What I use: In my kitchen, I always have extra virgin olive oil (what I mostly use), canola oil (for baking, Mexican, Asian), sesame oil (for Asian dishes & dressings), and grapeseed oil (because it’s cheap and high in polyunsaturated fats). I also keep butter on hand (gasp!) for occasional baking and spreading on warm, homemade bread 🙂
katieMay 11, 2010 at 9:31 pm
This is getting bookmarked as a go-to list for oils. I always get mixed up on which one is good for what – Meels, you give great, totally useful and easily accessible advice.
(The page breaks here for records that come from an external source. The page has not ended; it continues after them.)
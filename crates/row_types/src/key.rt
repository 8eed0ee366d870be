//! Keys of rows.

ghost use Rattle.std.specs.Prelude.{◌≡◌, ◌↔◌, [], ◌∷◌, IfOk, IsTrue};

use crate::value::Value;
use crate::values::{copied_values, order_of_values, same_values};
use std::alloc::{AllocError, Global};
use std::cmp::Ordering;
use std::marker::Model;
use std::slice::from_ref;

/// The values of a primary key, in its order. A key of one value takes no memory of its own. Clauses see the list
/// of its values.
pub struct Key {
    form: KeyForm,
}

impl Drop for Key {
    fn drop(self) {
        let Self { form: _ } = self;
    }
}

enum KeyForm {
    One(Value),
    Many(Vec<Value>),
}

impl Drop for KeyForm {
    fn drop(self) {
        match self {
            Self::One(_) => {}
            Self::Many(_) => {}
        }
    }
}

impl Model for Key {
    ghost use Rattle.std.specs.Prelude.{List};
    ghost use Rattle.row_types.specs.declared.value.Value.{Value as OneValue};
    ghost use Rattle.row_types.specs.KeyForms.{values_of};

    ghost Value = { List OneValue };

    ghost view = { λ key. values_of key.form };
}

impl Key {
    ghost use Rattle.row_types.specs.Order.{key_order};

    /// A key of one value. It takes no memory.
    pub fn one(value: Value) -> Key
        ensures { result ≡ value ∷ [] }
    {
        Key {
            form: KeyForm::One(value),
        }
    }

    /// A key of these values. It takes no memory.
    pub fn from_vec(values: Vec<Value>) -> Key
        ensures { result ≡ values.items }
    {
        Key {
            form: KeyForm::Many(values),
        }
    }

    /// The values.
    pub fn values(&self) -> &[Value]
        ensures { result.now ≡ self.now }
    {
        match &self.form {
            KeyForm::One(value) => from_ref(value),
            KeyForm::Many(values) => values.as_slice(),
        }
    }

    /// The order of keys: by the first values that differ, and a key that ends before another is less.
    pub fn order(&self, other: &Key) -> Ordering
        ensures { result ≡ key_order self.now other.now }
    {
        order_of_values(self.values(), other.values())
    }

    /// Whether this is the same key.
    pub fn same(&self, other: &Key) -> bool
        ensures { IsTrue result ↔ (self.now ≡ other.now) }
    {
        same_values(self.values(), other.values())
    }

    /// A second copy of the key.
    pub fn copied(&self, alloc: Global) -> Result<Key, AllocError>
        ensures { IfOk result (λ key. key ≡ self.now) }
    {
        match &self.form {
            KeyForm::One(value) => {
                let value = value.copied(alloc)?;
                Ok(Key::one(value))
            }
            KeyForm::Many(values) => {
                let values = copied_values(alloc, values.as_slice())?;
                Ok(Key::from_vec(values))
            }
        }
    }
}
THANKS!!!! Sending love from Colombia!
physician assistantMay 13, 2010 at 12:42 am
Great site. A lot of useful information here. I’m sending it to some friends!
Laura PagelsMay 28, 2015 at 11:47 am
Wonderful information to keep on hand. Thanks for posting.
Bill FisherMarch 28, 2017 at 10:13 am
I want an oil that is COMPLETELY TASTELESS so I can make my own salad dressings, and not have that awful oil taste. What is it, please. Please advise via e-mail, as I’ll probably never find this web-site, again. Thank you very much.
Amelia WinslowApril 11, 2017 at 4:59 am
Canola, sunflower, and safflower oils don’t carry any flavor.